The intermediate segment of the aggregate supply curve corresponds to the real volumes of national production close to full employment. An increase in output is accompanied by an increase in the price level.

The classical (vertical) segment of the AS curve characterizes the economy of full employment. Firms can increase their own production only through the reallocation of economic resources by offering, for example, higher wages. In general, the national output will remain unchanged. Thus, on the classical segment of the aggregate supply curve, only the price level can change.

Rice. 23. Aggregate supply curve

In addition to the general price level, the aggregate supply is influenced by numerous non-price factors (determinants):

prices for the main economic resources;

Resource productivity

applied technologies;

· the level of taxation and the degree of state regulation of the economy.

Rice. 24. Change in aggregate supply

An increase in aggregate supply is graphically illustrated by a shift in the AS curve to the right and down as a result of an increase in the productivity of resources, a decrease in their prices, the introduction of high technology, reducing the tax burden on manufacturers and other non-price factors.

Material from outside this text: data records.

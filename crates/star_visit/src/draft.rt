//! Drafts: texts that are not built yet.
//!
//! The text of a value may be far longer than what its run has paid, since a list may hold one long string at many
//! places. A draft has short pieces as they are, and of a long string, once there is no room for it, only that it comes
//! there: the string itself is shared. So it takes memory by the pieces that are put, and not by their bytes. A text is
//! built only if it is no longer than what can be paid for it.

ghost use Rattle.std.specs.Prelude.{◌≡◌, ◌≤◌, ◌<◌, ◌++◌, [], IfOk, IfSome, MatchOption, OnOk, length, string_bytes, take};
ghost use Rattle.std.specs.Bool.{OnFalse, OnTrue};
ghost use Rattle.std.specs.List.{flat_map};
ghost use Rattle.json.specs.Print as json;
ghost use Rattle.star_store.specs.Json.{begun};
ghost use Rattle.star_store.specs.Text.{quoted};
ghost use Rattle.star_visit.specs.Drafts.{head_bytes, part_bytes};

use crate::line::{line_length, put_line};
use crate::quoted::{put_json, put_quoted};
use star_text::Text;
use std::alloc::{AllocError, Global};
use std::marker::Model;
use std::mem;

/// Strings up to this length are copied into a draft, whatever room it has.
const SHORT: usize = 32;

/// A part of a draft.
#[derive(Drop)]
pub(crate) enum Part {
    /// Short pieces, one after the other.
    Built(String),
    /// A string.
    Shared(Text),
    /// A string in quotes.
    Quoted(Text),
    /// A string as JSON.
    Json(Text),
    /// A line end and the beginning of a line: the prefix, and the indent this many times.
    Line(Text, Text, u32),
}

/// A text that is not built yet. Contracts see it as its list of bytes.
#[derive(Drop)]
pub struct Draft {
    alloc: Global,
    /// What comes before the parts.
    head: Option<Text>,
    parts: Vec<Part>,
    /// What comes after the parts.
    tail: String,
    /// How many bytes of long strings may still be copied.
    room: usize,
}

impl Model for Draft {
    ghost use Rattle.std.specs.Prelude.{List, ℕ, ◌++◌, string_bytes};
    ghost use Rattle.std.specs.List.{flat_map};
    ghost use Rattle.star_visit.specs.Drafts.{head_bytes, part_bytes};

    ghost Value = { List ℕ };

    ghost view = { λ d. head_bytes d.head ++ flat_map part_bytes d.parts.items ++ string_bytes d.tail };
}

/// Puts a part after a text.
fn put_part(alloc: Global, out: &mut String, part: &Part) -> Result<(), AllocError>
    ensures { OnOk result (string_bytes out.new ≡ string_bytes out.old ++ part_bytes part.now) }
{
    match part {
        Part::Built(text) => out.push_str(text.as_str()),
        Part::Shared(text) => out.push_str(text.as_str()),
        Part::Quoted(text) => put_quoted(out, text.as_str()),
        Part::Json(text) => put_json(alloc, out, text.as_str()),
        Part::Line(prefix, indent, depth) => put_line(
            out,
            prefix.as_str(),
            indent.as_str(),
            *depth,
        ),
    }
}

/// Whether a part may be no longer than `room`. A line, which may be long though it takes one step, is measured before
/// it is built.
fn may_fit(part: &Part, room: usize) -> bool
    ensures { OnFalse result (room < length (part_bytes part.now)) }
{
    match part {
        Part::Line(prefix, indent, depth) => {
            line_length(prefix.as_str(), indent.as_str(), *depth) <= room as u128
        }
        _ => true,
    }
}

/// Puts parts after a text, until it is longer than `room`: whether it is not.
fn put_parts(
    alloc: Global,
    out: &mut String,
    parts: &[Part],
    room: usize,
) -> Result<bool, AllocError>
    requires { length (string_bytes out.old) ≤ room }
    ensures whole { IfOk result (λ all. OnTrue all (string_bytes out.new
        ≡ string_bytes out.old ++ flat_map part_bytes parts.now)) }
    ensures within { IfOk result (λ all. OnTrue all (length (string_bytes out.new) ≤ room)) }
    ensures longer { IfOk result (λ all. OnFalse all (room
        < length (string_bytes out.old ++ flat_map part_bytes parts.now))) }
    ensures start { OnOk result (take (length (string_bytes out.new))
        (string_bytes out.old ++ flat_map part_bytes parts.now) ≡ string_bytes out.new) }
{
    for part in parts {
        if !may_fit(part, room - out.len()) {
            return Ok(false);
        }
        put_part(alloc, out, part)?;
        if out.len() > room {
            return Ok(false);
        }
    }
    Ok(true)
}

/// The string at the head of a draft, or nothing.
fn head_text(head: &Option<Text>) -> &str
    ensures { result.now ≡ head_bytes head.now }
{
    match head {
        Some(text) => text.as_str(),
        None => "",
    }
}

/// The text of a head, parts and a tail, if it is no longer than `room`.
fn built(
    alloc: Global,
    head: &str,
    parts: &[Part],
    tail: &str,
    room: usize,
) -> Result<Option<Text>, AllocError>
    ensures text { IfOk result (λ made. MatchOption made
        (room < length (head.now ++ flat_map part_bytes parts.now ++ tail.now))
        (λ t. t ≡ head.now ++ flat_map part_bytes parts.now ++ tail.now)) }
    ensures within { IfOk result (λ made. IfSome made (λ t. length t ≤ room)) }
{
    if head.len() > room {
        return Ok(None);
    }
    let mut out = String::from_str(alloc, head)?;
    if !put_parts(alloc, &mut out, parts, room)? {
        return Ok(None);
    }
    if tail.len() > room - out.len() {
        return Ok(None);
    }
    out.push_str(tail)?;
    Ok(Some(Text::of(out)?))
}

impl Draft {
    /// An empty draft, in which at most about `room` bytes of long strings are copied.
    pub fn new(alloc: Global, room: usize) -> Draft
        ensures { result ≡ [] }
    {
        Draft {
            alloc,
            head: None,
            parts: Vec::new(alloc),
            tail: String::new(alloc),
            room,
        }
    }

    /// The draft of a string, which is not copied.
    pub fn of(alloc: Global, text: Text, room: usize) -> Draft
        ensures { result ≡ text }
    {
        Draft {
            alloc,
            head: Some(text),
            parts: Vec::new(alloc),
            tail: String::new(alloc),
            room,
        }
    }

    /// How many bytes of long strings may still be copied.
    pub fn room(&self) -> usize {
        self.room
    }

    /// Puts a piece after the draft, as it is.
    pub fn say(&mut self, more: &str) -> Result<(), AllocError>
        ensures { OnOk result (self.new ≡ self.old ++ more.now) }
    {
        self.room = self.room.saturating_sub(more.len());
        self.push(more)
    }

    /// Puts bytes after the draft that count as copied already.
    fn push(&mut self, more: &str) -> Result<(), AllocError>
        ensures { OnOk result (self.new ≡ self.old ++ more.now) }
    {
        self.tail.push_str(more)
    }

    /// Puts a part after the draft.
    fn share(&mut self, part: Part) -> Result<(), AllocError>
        ensures { OnOk result (self.new ≡ self.old ++ part_bytes part) }
    {
        let before = mem::replace(&mut self.tail, String::new(self.alloc));
        if !before.is_empty() {
            self.parts.push(Part::Built(before))?;
        }
        self.parts.push(part)?;
        Ok(())
    }

    /// Puts a string after the draft.
    pub fn put(&mut self, text: &Text) -> Result<(), AllocError>
        ensures { OnOk result (self.new ≡ self.old ++ text.now) }
    {
        if text.as_str().len() <= SHORT || text.as_str().len() <= self.room {
            return self.say(text.as_str());
        }
        self.share(Part::Shared(text.share()?))
    }

    /// Puts a string in quotes after the draft.
    pub fn put_quoted(&mut self, text: &Text) -> Result<(), AllocError>
        ensures { OnOk result (self.new ≡ self.old ++ quoted text.now) }
    {
        if text.as_str().len() <= SHORT || text.as_str().len() <= self.room {
            self.room = self.room.saturating_sub(text.as_str().len());
            return put_quoted(&mut self.tail, text.as_str());
        }
        self.share(Part::Quoted(text.share()?))
    }

    /// Puts a string as JSON after the draft.
    pub fn put_json(&mut self, text: &Text) -> Result<(), AllocError>
        ensures { OnOk result (self.new ≡ self.old ++ json.quoted text.now) }
    {
        if text.as_str().len() <= SHORT || text.as_str().len() <= self.room {
            self.room = self.room.saturating_sub(text.as_str().len());
            return put_json(self.alloc, &mut self.tail, text.as_str());
        }
        self.share(Part::Json(text.share()?))
    }

    /// Puts a line end and the beginning of a line after the draft: the prefix, and the indent this many times.
    pub fn put_line(&mut self, prefix: &Text, indent: &Text, depth: u32) -> Result<(), AllocError>
        ensures { OnOk result (self.new ≡ self.old ++ begun prefix.now indent.now depth) }
    {
        let length = line_length(prefix.as_str(), indent.as_str(), depth);
        if length <= self.room as u128 {
            self.room = self.room.saturating_sub(length as usize);
            return put_line(&mut self.tail, prefix.as_str(), indent.as_str(), depth);
        }
        self.share(Part::Line(prefix.share()?, indent.share()?, depth))
    }

    /// No more than `room` bytes of long strings are copied from then on.
    fn keep_room(&mut self, room: usize)
        ensures { self.new ≡ self.old }
    {
        if room < self.room {
            self.room = room;
        }
    }

    /// Puts the head of another draft after this one.
    fn put_head(&mut self, head: Option<Text>) -> Result<(), AllocError>
        ensures { OnOk result (self.new ≡ self.old ++ head_bytes head) }
    {
        match head {
            Some(text) => self.put(&text),
            None => Ok(()),
        }
    }

    /// Puts the parts of another draft after this one.
    fn put_all(&mut self, parts: Vec<Part>) -> Result<(), AllocError>
        ensures { OnOk result (self.new ≡ self.old ++ flat_map part_bytes parts.items) }
    {
        for part in parts {
            self.share(part)?;
        }
        Ok(())
    }

    /// Puts another draft after this one. No more may be copied then than the other one leaves.
    pub fn put_draft(&mut self, more: Draft) -> Result<(), AllocError>
        ensures { OnOk result (self.new ≡ self.old ++ more) }
    {
        let Draft {
            alloc: _,
            head,
            parts,
            tail,
            room,
        } = more;
        self.keep_room(room);
        self.put_head(head)?;
        self.put_all(parts)?;
        self.push(tail.as_str())
    }

    /// The start of the text: all of it if it is no longer than `room`, else hardly more than `room` bytes and one
    /// string.
    pub fn start(&self, room: usize) -> Result<String, AllocError>
        ensures start { IfOk result (λ t. take (length (string_bytes t)) self.now ≡ string_bytes t) }
        ensures enough { IfOk result (λ t. length self.now ≤ room → string_bytes t ≡ self.now) }
    {
        let head = head_text(&self.head);
        let mut out = String::from_str(self.alloc, head)?;
        if head.len() > room {
            return Ok(out);
        }
        if put_parts(self.alloc, &mut out, &self.parts, room)? {
            out.push_str(self.tail.as_str())?;
        }
        Ok(out)
    }

    /// The text, if it is no longer than `room`: of a longer one hardly more than `room` is ever built.
    pub fn text_within(self, room: usize) -> Result<Option<Text>, AllocError>
        ensures text { IfOk result (λ made. MatchOption made (room < length self) (λ t. t ≡ self)) }
        ensures within { IfOk result (λ made. IfSome made (λ t. length t ≤ room)) }
    {
        let Draft {
            alloc,
            head,
            parts,
            tail,
            room: _,
        } = self;
        if !parts.is_empty() {
            return built(alloc, head_text(&head), &parts, tail.as_str(), room);
        }
        match head {
            Some(text) if tail.is_empty() => {
                if text.as_str().len() > room {
                    return Ok(None);
                }
                Ok(Some(text))
            }
            Some(text) => built(alloc, text.as_str(), &parts, tail.as_str(), room),
            None => {
                if tail.len() > room {
                    return Ok(None);
                }
                Ok(Some(Text::of(tail)?))
            }
        }
    }
}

A decrease in aggregate supply graphically means a shift of the AS curve to the left and up with the opposite action of these determinants.

Graphically, macroeconomic equilibrium means the intersection of the AD and AS curves at a point, the parameters of which are the parameters of macroeconomic equilibrium (the equilibrium price level and the equilibrium volume of production).

Macroeconomic equilibrium on the horizontal (Keynesian) segment of the aggregate supply curve characterizes an economy in a state of economic recession, when the dynamics of prices for goods and services produced have no effect on real output. Deviation from equilibrium is manifested in a change in the real volume of GDP at a relatively constant price level.

Rice. 25. Macroeconomic equilibrium in the AD-AS model

Equilibrium in the national market, corresponding to an intermediate segment of the aggregate supply curve, characterizes an economy close to full employment, when an increase in output becomes possible only as a result of an increase in the price level, and a decrease in output as a result of a decrease in the price level.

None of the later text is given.